The arrival of the 300,000 tonnes of imperfect fruit and vegetables follows a relaxation in specifications from buyers, such as supermarkets, who agreed to the changes after a year of high rainfall and minimal sun left farmers harvesting smaller, imperfect-looking produce.
Farmers have applauded the decision. “Supply is very short so a sensible approach to specifications that allows more perfectly edible fruit through supermarket doors is welcomed,” said Ali Capper, an apple grower from Worcestershire.
Concessions included an early move by Waitrose supermarkets to accept shorter carrots and smaller strawberries; the Wm Morrison chain followed, incorporating smaller than usual broccoli stems, leeks, sprouts and other produce in its “value” ranges. J Sainsbury said it would use all fruit and vegetable that met regulations and stood up on taste in ready-prepared salads and meals.

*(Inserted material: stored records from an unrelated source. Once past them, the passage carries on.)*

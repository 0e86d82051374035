//! The file at a path. Code that has only a `Named` removes the file only if it may go: it is the socket of a server
//! that is gone, or the very file that was made.
ghost use Rattle.std.specs.Prelude.{◌≡◌, true, IfErr, IfOk};
ghost use Rattle.std.specs.declared.io.ErrorKind.TheVariants.{AddrInUse};
ghost use Rattle.control_socket.specs.Waits.{is_gone, IsFault, IsUnheard, IsUnlessGone};

use crate::lock::Locked;
use crate::waits::is_gone;
use std::fs::{Files, Metadata};
use std::io::ErrorKind;
use std::net::Net;
use std::os::unix::fs::{FileTypeExt, MetadataExt};
use std::os::unix::net::UnixStream;
use std::{fs, io};

/// The identity of a file: the numbers of its device and of itself there.
#[derive(Clone, Copy, PartialEq, Eq, Debug)]
pub(crate) struct FileId {
    device: u64,
    inode: u64,
}

/// What is at a path.
#[derive(Clone, Copy)]
pub(crate) struct Found {
    id: FileId,
    is_socket: bool,
}

/// The finding that no server listens at a path: connecting to it failed with this error.
#[derive(Clone, Copy)]
pub(crate) struct Unheard {
    kind: ErrorKind,
    ghost gone: { is_gone kind ≡ true },
}

/// A path whose lock is held. Its file can be looked at and connected to, and removed if it may go.
#[derive(Drop)]
pub(crate) struct Named<'a, R> {
    rt: &'a R,
    lock: &'a Locked<'a>,
}

fn id_of(known: &Metadata) -> FileId {
    FileId {
        device: known.dev(),
        inode: known.ino(),
    }
}

/// Sees which file is there, and whether it is a socket. A link isn't followed.
pub(crate) fn look_at<R: Files>(rt: &R, path: &str) -> io::Result<Found> {
    let known = fs::symlink_metadata(rt, path)?;
    Ok(Found {
        id: id_of(&known),
        is_socket: known.file_type().is_socket(),
    })
}

/// Lets a call succeed that failed because its file is missing: there was nothing to do.
pub(crate) fn unless_gone(done: io::Result<()>) -> io::Result<()>
    ensures { IsUnlessGone done result }
{
    match done {
        Err(error) if is_gone(error.kind()) => Ok(()),
        done => done,
    }
}

/// Says what an attempt to connect means: that no server listens there, or that one does, or why that isn't known.
fn unheard_by(connected: io::Result<()>) -> io::Result<Unheard>
    ensures heard { IfOk connected (λ _. IsFault AddrInUse result) }
    ensures unheard { IfErr connected (λ e. IsUnheard e result) }
{
    match connected {
        Ok(()) => Err(io::Error::new(ErrorKind::AddrInUse, "a server listens there already")),
        Err(error) if is_gone(error.kind()) => Ok(Unheard { kind: error.kind() }),
        Err(error) => Err(error),
    }
}

impl Found {
    /// Returns which file it is.
    pub fn id(self) -> FileId
        ensures { result ≡ self.id }
    {
        self.id
    }

    pub fn is_socket(self) -> bool
        ensures { result ≡ self.is_socket }
    {
        self.is_socket
    }
}

impl<'a, R: Files> Named<'a, R> {
    pub fn new(rt: &'a R, lock: &'a Locked<'a>) -> Named<'a, R> {
        Named { rt, lock }
    }

    /// Sees what is there.
    pub fn look(&self) -> io::Result<Found> {
        look_at(self.rt, self.lock.path())
    }

    fn remove(&self) -> io::Result<()> {
        unless_gone(fs::remove_file(self.rt, self.lock.path()))
    }

    /// Removes the socket of a server that is gone.
    pub fn remove_stale(&self, _found: Found, _unheard: Unheard) -> io::Result<()>
        requires socket { _found.is_socket ≡ true }
    {
        self.remove()
    }

    /// Removes the file that was made.
    pub fn remove_made(&self, _found: Found, _made: FileId) -> io::Result<()>
        requires made { _found.id ≡ _made }
    {
        self.remove()
    }
}

impl<'a, R: Files + Net> Named<'a, R> {
    /// Connects to a server there, and closes the connection.
    fn connect(&self) -> io::Result<()> {
        let _stream = UnixStream::connect(self.rt, self.lock.path())?;
        Ok(())
    }

    /// Finds out that no server listens there.
    pub fn try_server(&self) -> io::Result<Unheard> {
        unheard_by(self.connect())
    }
}
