//! Standard output, and the waits for it.
use mio::unix::SourceFd;
use mio::{Events, Interest, Poll, Token};
use std::alloc::{AllocError, Global};
use std::io;
use std::io::Write;
use std::net::Net;
use std::os::fd::RawFd;
use std::time::Duration;

/// The descriptor of standard output.
const STANDARD_OUTPUT: RawFd = 1;

/// The most bytes that are written at once. A pipe that takes any bytes takes this many.
const PIECE: usize = 4096;

/// How long a write waits for a reader, in milliseconds.
const WRITE_WAIT_MS: u64 = 250;

/// Standard output, which may be a pipe that nobody reads. A write waits a while for its reader; if that was in vain,
/// it takes nothing. What can't be waited for, such as a file, is written at once.
#[derive(Drop)]
pub struct PolledOutput<'a, O: Write> {
    writer: &'a mut O,
    poll: Option<Poll>,
    found: Events,
}

/// Makes a poll of standard output, if it can be waited for.
fn poll_of<R: Net>(rt: &R) -> io::Result<Poll> {
    let poll = Poll::new(rt)?;
    let registry = poll.registry();
    registry.register(
        &mut SourceFd(&STANDARD_OUTPUT),
        Token(0),
        Interest::WRITABLE,
    )?;
    Ok(poll)
}

/// Waits until standard output takes a piece, and returns whether it does within the time of a write. It is noted anew, so
/// that room that there was is found.
fn wait_writable(poll: &mut Poll, found: &mut Events) -> io::Result<bool> {
    let registry = poll.registry();
    registry.reregister(
        &mut SourceFd(&STANDARD_OUTPUT),
        Token(0),
        Interest::WRITABLE,
    )?;
    poll.poll(found, Some(Duration::from_millis(WRITE_WAIT_MS)))?;
    Ok(!found.is_empty())
}

impl<'a, O: Write> PolledOutput<'a, O> {
    /// Makes a writer of standard output, over the given one.
    pub fn new<R: Net>(
        rt: &R,
        alloc: Global,
        writer: &'a mut O,
    ) -> Result<PolledOutput<'a, O>, AllocError> {
        let found = Events::with_capacity(alloc, 1)?;
        Ok(PolledOutput {
            writer,
            poll: poll_of(rt).ok(),
            found,
        })
    }
}

impl<'a, O: Write> Write for PolledOutput<'a, O> {
    fn write(&mut self, buf: &[u8]) -> io::Result<usize> {
        if let Some(poll) = &mut self.poll {
            if !wait_writable(poll, &mut self.found)? {
                return Ok(0);
            }
        }
        self.writer.write(&buf[..buf.len().min(PIECE)])
    }

    fn flush(&mut self) -> io::Result<()> {
        self.writer.flush()
    }
}
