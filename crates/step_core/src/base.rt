//! What was known at one moment, in plain lists.
ghost use Rattle.std.specs.Prelude.{◌≡◌, IfOk};

use crate::names::AwaitedName;
use crate::peer::Peer;
use commit_core::Ticket;
use lsp_base::{Path, Record};
use sequence::{PlainData, Sequence};
use std::alloc::{AllocError, Global};
use te_base::LinkValues;

/// What was known at one moment, except nodes and the ends of links, which stay: a state without the tables by which it
/// finds things.
#[derive(Debug, Drop)]
pub struct Base {
    /// The values of all links, in the order of their numbers.
    pub values: Sequence<LinkValues>,
    pub paths: Sequence<Path>,
    pub records: Sequence<Record>,
    /// The names of granted initiations that no report has named yet.
    pub names: Sequence<AwaitedName>,
    pub peers: Sequence<Peer>,
    /// In the order in which they were asked for.
    pub tickets: Sequence<Ticket>,
    /// How many events dropped or added a path, or reloaded links.
    pub changes: u64,
    /// The number of the last session, over all peers.
    pub last_session: u64,
    /// The number of the last ticket.
    pub last_ticket: u64,
}

/// Copies each element, in order.
pub(crate) fn copies<T: PlainData>(alloc: Global, items: &[T]) -> Result<Sequence<T>, AllocError>
    ensures { IfOk result (λ copies. copies ≡ items.now) }
{
    let mut copies = Vec::with_capacity(alloc, items.len())?;
    for item in items {
        copies.push(item.copy()?)?;
    }
    Ok(Sequence::from_vec(copies))
}
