//! Holes, which are runs of clear lines, and how many there are. Marks of lines are those of
//! `line_bits`.
#![tactic(auto)]

mod bits;
mod holes;
mod runs;

pub use bits::last_bit;
pub use holes::{Hole, LineCounts, count_holes, line_counts, line_words, marked_lines, next_hole};
pub use line_bits::mark;
pub use runs::{Run, first_run};
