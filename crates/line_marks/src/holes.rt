//! Holes of a block, and how many holes and marked lines it has.

ghost use Rattle.std.specs.Prelude.{◌≡◌, ◌+◌, ◌*◌, ◌-◌, ◌<◌, ◌≤◌, ◌&&◌, ℕ, not, nat_eq, length, slice_index, MatchOption, IfSome};
ghost use Rattle.side_meta.specs.BitWords.{has_bit};
ghost use Rattle.heap_layout.specs.Zones.{first, LineWords, IsRowOf};
ghost use Rattle.heap_layout.specs.declared.block.Kind.TheVariants as kinds;
ghost use Rattle.heap_layout.specs.declared.layout.TheConstants.{LINE_WORDS};
ghost use Rattle.object_model.specs.Objects.{HasKind, shown};
ghost use Rattle.object_model.specs.Lawful.{LineBitsAreExact, MeetsNoObject};
ghost use Rattle.sessions.specs.Collecting.{holes_in, marked_in};
ghost use Rattle.line_marks.specs.LineHoles.{IsNextHole, HasNoHole};

use crate::runs::first_run;
use heap_layout::{BLOCK_LINE_BIT_WORDS, LINE_WORDS, Layout};
use side_meta::{BITS_PER_WORD, Words};

/// A run of clear lines, or the part of it from a line on.
#[derive(Clone, Copy, Debug, PartialEq, Eq)]
pub struct Hole {
    /// The address of its first word.
    pub start: u32,
    /// How many lines it has.
    pub lines: u32,
}

/// How many holes and how many marked lines a block has.
#[derive(Clone, Copy, Debug, PartialEq, Eq)]
pub struct LineCounts {
    /// How many holes it has.
    pub holes: u32,
    /// How many of its lines are marked.
    pub marked: u32,
}

/// The four words with the line bits of a block.
pub fn line_words<W: Words>(words: &W, layout: &Layout, block: u32) -> [u64; 4]
    requires extent { IsRowOf layout.now (W.words words.now) }
    requires block { block < layout.now.blocks }
    ensures len { length result ≡ 4 }
    ensures words { (n : ℕ) → n < 4 → slice_index result n
        ≡ slice_index (W.words words.now)
        (first layout.now.blocks LineWords + BLOCK_LINE_BIT_WORDS * block + n) }
{
    let at = layout.line_at(block);
    [
        words.get(at),
        words.get(at + 1),
        words.get(at + 2),
        words.get(at + 3),
    ]
}

/// The first hole of the block with at least `lines` lines, among its lines from `from` on. Of a
/// hole that begins before `from` the part from `from` on counts. No held object has a word in it
/// if the line bits are those of the lines that held objects touch.
///
/// For callers that have words and no view, as tests: plans look for holes in views (`hole_in` of
/// `plan_api`).
pub fn next_hole<W: Words>(
    words: &W,
    layout: &Layout,
    block: u32,
    from: u32,
    lines: u32,
) -> Option<Hole>
    requires extent { IsRowOf layout.now (W.words words.now) }
    requires block { block < layout.now.blocks }
    requires some { 1 ≤ lines }
    ensures hole { MatchOption result
        (HasNoHole (shown (W.words words.now) layout.now) block from lines)
        (λ hole. IsNextHole (shown (W.words words.now) layout.now)
        block from lines hole) }
    ensures apart { HasKind (shown (W.words words.now) layout.now) block kinds.Immix
        → LineBitsAreExact (shown (W.words words.now) layout.now) block
        → IfSome result (λ hole. MeetsNoObject (shown (W.words words.now) layout.now)
        hole.start (LINE_WORDS * hole.lines)) }
{
    let bits = line_words(words, layout, block);
    let Some(run) = first_run(&bits, from, lines) else {
        return None;
    };
    Some(Hole {
        start: layout.address(block, LINE_WORDS * run.start),
        lines: run.end - run.start,
    })
}

/// How many holes and how many marked lines the block has, from one pass over its line words.
pub fn line_counts<W: Words>(words: &W, layout: &Layout, block: u32) -> LineCounts
    requires extent { IsRowOf layout.now (W.words words.now) }
    requires block { block < layout.now.blocks }
    ensures holes { result.holes
        ≡ holes_in (shown (W.words words.now) layout.now) block }
    ensures marked { result.marked
        ≡ marked_in (shown (W.words words.now) layout.now) block }
{
    let mut holes = 0;
    let mut marked = 0;
    let mut before = 1;
    for index in BLOCK_LINE_BIT_WORDS * block..BLOCK_LINE_BIT_WORDS * (block + 1) {
        let word = words.get(layout.line_at(0) + index);
        holes += hole_starts(word, before).count_ones();
        marked += word.count_ones();
        before = word >> 63;
    }
    LineCounts { holes, marked }
}

/// The lines of a word with which holes begin. `before` is the bit of the line before it.
fn hole_starts(word: u64, before: u64) -> u64
    requires { before < 2 }
    ensures lowest { has_bit result 0 ≡ (not (has_bit word 0) && nat_eq before 1) }
    ensures others { (j : ℕ) → 0 < j → j < BITS_PER_WORD
        → has_bit result j ≡ (not (has_bit word j) && has_bit word (j - 1)) }
{
    !word & (word << 1 | before)
}

/// How many holes the block has.
///
/// For callers that want one count alone, as tests: the choice of candidates for evacuation takes
/// both at once, by `line_counts`.
pub fn count_holes<W: Words>(words: &W, layout: &Layout, block: u32) -> u32
    requires extent { IsRowOf layout.now (W.words words.now) }
    requires block { block < layout.now.blocks }
    ensures { result ≡ holes_in (shown (W.words words.now) layout.now) block }
{
    line_counts(words, layout, block).holes
}

/// How many lines of the block are marked. For callers of one count alone, as `count_holes`.
pub fn marked_lines<W: Words>(words: &W, layout: &Layout, block: u32) -> u32
    requires extent { IsRowOf layout.now (W.words words.now) }
    requires block { block < layout.now.blocks }
    ensures { result ≡ marked_in (shown (W.words words.now) layout.now) block }
{
    line_counts(words, layout, block).marked
}
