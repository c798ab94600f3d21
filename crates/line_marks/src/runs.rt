//! The search for a run of clear bits in the line words of a block.

ghost use Rattle.std.specs.Prelude.{◌≡◌, ◌<◌, ◌≤◌, false, length, MatchOption};
ghost use Rattle.line_marks.specs.Bits.{bit_in, IsRunEnd, IsFirstClearRun, HasNoClearRun};

use crate::bits::first_bit;
use heap_layout::BLOCK_LINES;

/// A run of clear bits, from bit `start` on, before bit `end`.
#[derive(Clone, Copy, Debug, PartialEq, Eq)]
pub struct Run {
    /// Its first bit.
    pub start: u32,
    /// The bit after its last.
    pub end: u32,
}

/// The bit after the run of clear bits that contains bit `line`.
fn run_end(lines: &[u64], line: u32) -> u32
    requires words { length lines.now ≡ 4 }
    requires line { line < BLOCK_LINES }
    requires clear { bit_in lines.now line ≡ false }
    ensures { IsRunEnd lines.now line result }
{
    first_bit(lines, true, line).unwrap_or(BLOCK_LINES)
}

/// The first run of at least `needed` clear bits, among the bits from `from` on.
pub fn first_run(lines: &[u64], from: u32, needed: u32) -> Option<Run>
    requires words { length lines.now ≡ 4 }
    requires some { 1 ≤ needed }
    ensures { MatchOption result (HasNoClearRun lines.now from needed)
        (λ r. IsFirstClearRun lines.now from needed r.start r.end) }
{
    let mut at = from;
    while let Some(line) = first_bit(lines, false, at) {
        let end = run_end(lines, line);
        if end - line >= needed {
            return Some(Run { start: line, end });
        }
        at = end;
    }
    None
}
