//! The reader of a run's text.

ghost use Rattle.std.specs.Prelude.{◌≡◌, ◌≤◌, ◌<◌, ℕ, Some, true, false, length, slice_index_or, IfOk};
ghost use Rattle.heap_picture.specs.Reading.{ReadsText, Takes, after_line, are_met as have_wanted, as_known, as_mutator, as_plan, as_reply, at_blocks, at_collections, at_held, at_kinds, at_live, at_map, at_replies, begun, births_of as known_births, blocks_in, has_young as plan_has_young, have_sizes as may_have_sizes, is_after as comes_after, is_birth as names_next, is_known as names_known, is_name as names_object, is_next as may_follow, is_whole as are_all, leaves_others as may_leave, leaves_room as leaves_enough, lies_in as lies_in_heap, may_be_born as may_name, may_be_held as may_hold, may_be_known as may_refer, may_be_next, may_collect as may_make, may_have_kinds as may_have, nothing, plan_in_line, strange_in, text_read, wanted_with};
ghost use Rattle.session_counts.specs.Sizes.{own_blocks as has_alone};

use crate::forms::{
    KindCounts, Pair, Place, kinds_in, name_in, one_number, place_in, ref_in, reply_in, two_numbers,
};
use crate::places::Places;
use crate::splitter::first_line;
use crate::text_files::MAX_TEXT_BYTES;
use command_line::PlanName;
use heap_layout::{BLOCK_WORDS, MAX_BLOCKS, MIN_BLOCKS};
use ideal_heap::MAX_MUTATORS;
use object_model::{HEADER_WORDS, MAX_MEDIUM_WORDS};
use session_counts::{MAX_OBJECT_WORDS, may_fill};
use std::alloc::{AllocError, Global};
use trace_text::MAX_COMMANDS;

// The numbers of mutators, with 0.
const NUMBERS: usize = MAX_MUTATORS as usize + 1;

/// What a run reports.
#[derive(Clone, Copy)]
pub struct Report {
    pub plan: PlanName,
    pub blocks: u32,
    pub mutators: u64,
    pub commands: u64,
    pub full: u64,
    /// Nursery collections.
    pub nursery: u64,
    /// Full collections.
    pub collected: u64,
    pub live: u64,
    pub live_words: u64,
    pub held: u64,
    pub held_words: u64,
    pub kinds: KindCounts,
}

/// The line that comes next: one of the replies, of the report or of the map.
#[derive(Clone, Copy)]
pub(crate) enum Stage {
    Replies,
    Blocks,
    Mutators,
    Commands,
    Full,
    Collections,
    Live,
    Held,
    Kinds,
    Map,
}

/// Why a text is not that of a run with a map.
#[derive(Clone, Copy, Debug, PartialEq, Eq)]
pub enum TextFault {
    /// The line with this number, from 1 on, is the first that is not so.
    Line(u64),
    /// Memory ran out.
    OutOfMemory,
}

impl From<AllocError> for TextFault {
    ghost use Rattle.heap_picture.specs.declared.reader.TextFault.{TextFault};

    ghost from_gives = { λ _ r. r ≡ TextFault.OutOfMemory };

    fn from(_: AllocError) -> TextFault {
        TextFault::OutOfMemory
    }
}

/// What was read of a run's text: its report, and the places of its map.
#[derive(Drop)]
pub struct Reader {
    pub(crate) stage: Stage,
    pub(crate) report: Report,
    pub(crate) replied: u32,
    pub(crate) born: u64,
    pub(crate) births: Vec<u64>,
    pub(crate) wanted: [u64; NUMBERS],
    pub(crate) places: Places,
    pub(crate) left: u64,
    pub(crate) large: u64,
    pub(crate) small: u64,
}

// The plan that the line names.
fn plan_in(line: &[u8]) -> Option<PlanName>
    ensures { result ≡ plan_in_line line.now }
{
    if line == b"plan nogc".as_slice() {
        Some(PlanName::NoGc)
    } else if line == b"plan marksweep".as_slice() {
        Some(PlanName::MarkSweep)
    } else if line == b"plan semispace".as_slice() {
        Some(PlanName::SemiSpace)
    } else if line == b"plan gencopy".as_slice() {
        Some(PlanName::GenCopy)
    } else if line == b"plan immix".as_slice() {
        Some(PlanName::Immix)
    } else if line == b"plan stickyimmix".as_slice() {
        Some(PlanName::StickyImmix)
    } else {
        None
    }
}

// Whether a `new` reply of one of so many mutators gave the name.
fn is_name(mutators: u64, births: &[u64], place: &Place) -> bool
    ensures { result ≡ names_object mutators births.now place.now }
{
    1 <= place.mutator
        && u64::from(place.mutator) <= mutators
        && 1 <= place.birth
        && u64::from(place.birth) <= births.get(place.mutator as usize).copied().unwrap_or(0)
}

// Whether each mutator has the objects that are wanted of it.
fn are_met(wanted: &[u64], births: &[u64]) -> bool
    ensures met { result ≡ true → (m : ℕ) → m < NUMBERS
        → slice_index_or wanted.now m 0 ≤ slice_index_or births.now m 0 }
    ensures unmet { result ≡ false → (m : ℕ) × (m < NUMBERS)
        × (slice_index_or births.now m 0 < slice_index_or wanted.now m 0) }
{
    for m in 0..NUMBERS {
        if births.get(m).copied().unwrap_or(0) < wanted.get(m).copied().unwrap_or(0) {
            return false;
        }
    }
    true
}

// Whether so many objects may have so many words.
fn have_sizes(objects: u64, words: u64) -> bool
    ensures { result ≡ may_have_sizes objects words }
{
    let objects = u128::from(objects);
    let words = u128::from(words);
    u128::from(HEADER_WORDS) * objects <= words && words <= u128::from(MAX_OBJECT_WORDS) * objects
}

// Whether so many objects, with so many words, may follow the place.
fn leaves_room(objects: u64, words: u64, place: &Place) -> bool
    ensures { result ≡ leaves_enough objects words place.now }
{
    let size = u64::from(place.size);
    0 < objects && size <= words && have_sizes(objects - 1, words - size)
}

// The number of blocks of all kinds.
fn count_blocks(kinds: &KindCounts) -> u128
    ensures { result ≡ blocks_in kinds.now }
{
    u128::from(kinds.free)
        + u128::from(kinds.bump)
        + u128::from(kinds.young)
        + u128::from(kinds.mature)
        + u128::from(kinds.immix)
        + u128::from(kinds.cells)
        + u128::from(kinds.large)
        + u128::from(kinds.kept)
}

// The number of blocks of kinds that are none of the plan's.
fn count_strange(plan: PlanName, kinds: &KindCounts) -> u128
    ensures { result ≡ strange_in plan kinds.now }
{
    let bump = u128::from(kinds.bump);
    let young = u128::from(kinds.young);
    let mature = u128::from(kinds.mature);
    let immix = u128::from(kinds.immix);
    let cells = u128::from(kinds.cells);
    let kept = u128::from(kinds.kept);
    match plan {
        PlanName::NoGc => young + mature + immix + cells + kept,
        PlanName::MarkSweep => bump + young + mature + immix + kept,
        PlanName::SemiSpace => young + mature + immix + cells,
        PlanName::GenCopy => bump + immix + cells,
        PlanName::Immix | PlanName::StickyImmix => bump + young + mature + cells + kept,
    }
}

// Whether the plan has young objects.
fn has_young(plan: PlanName) -> bool
    ensures { result ≡ plan_has_young plan }
{
    match plan {
        PlanName::GenCopy | PlanName::StickyImmix => true,
        PlanName::NoGc | PlanName::MarkSweep | PlanName::SemiSpace | PlanName::Immix => false,
    }
}

// Whether a run may make so many collections of the nursery and full ones.
fn may_collect(report: &Report, counts: &Pair) -> bool
    ensures { result ≡ may_make report.now counts.now }
{
    report.full <= counts.second
        && counts.second <= report.commands
        && counts.first <= report.commands
        && (counts.first == 0 || has_young(report.plan) && 0 < counts.second)
}

// Whether so many objects may be held, with so many words: the live ones and others.
fn may_be_held(report: &Report, counts: &Pair) -> bool
    ensures { result ≡ may_hold report.now counts.now }
{
    report.live <= counts.first
        && report.live_words <= counts.second
        && have_sizes(
            counts.first - report.live,
            counts.second - report.live_words,
        )
        && counts.second <= u64::from(BLOCK_WORDS) * u64::from(report.blocks)
}

// Whether there may be so many blocks of each kind: all blocks, of the plan's kinds, with room for
// the held objects in those that are not free, which these may fill.
fn may_have_kinds(report: &Report, kinds: &KindCounts) -> bool
    ensures { result ≡ may_have report.now kinds.now }
{
    let used = u64::from(report.blocks).saturating_sub(kinds.free);
    count_blocks(kinds) == u128::from(report.blocks)
        && count_strange(report.plan, kinds) == 0
        && report.held_words <= u64::from(BLOCK_WORDS) * used
        && may_fill(
            report.held,
            u128::from(report.held_words),
            kinds.large,
            used.saturating_sub(kinds.large),
        )
}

Growers surveyed by the National Farmers Union believe that an additional 15 per cent of crops has been accepted by retailers this year, compared with other growing seasons.
“In accepting to buy weather-blemished and wonky produce this season, shoppers are sending a very clear message that they are happy to eat food that may not pass a beauty contest but still tastes great,” said Hayley Campbell-Gibbons, NFU chief horticulture and potatoes adviser.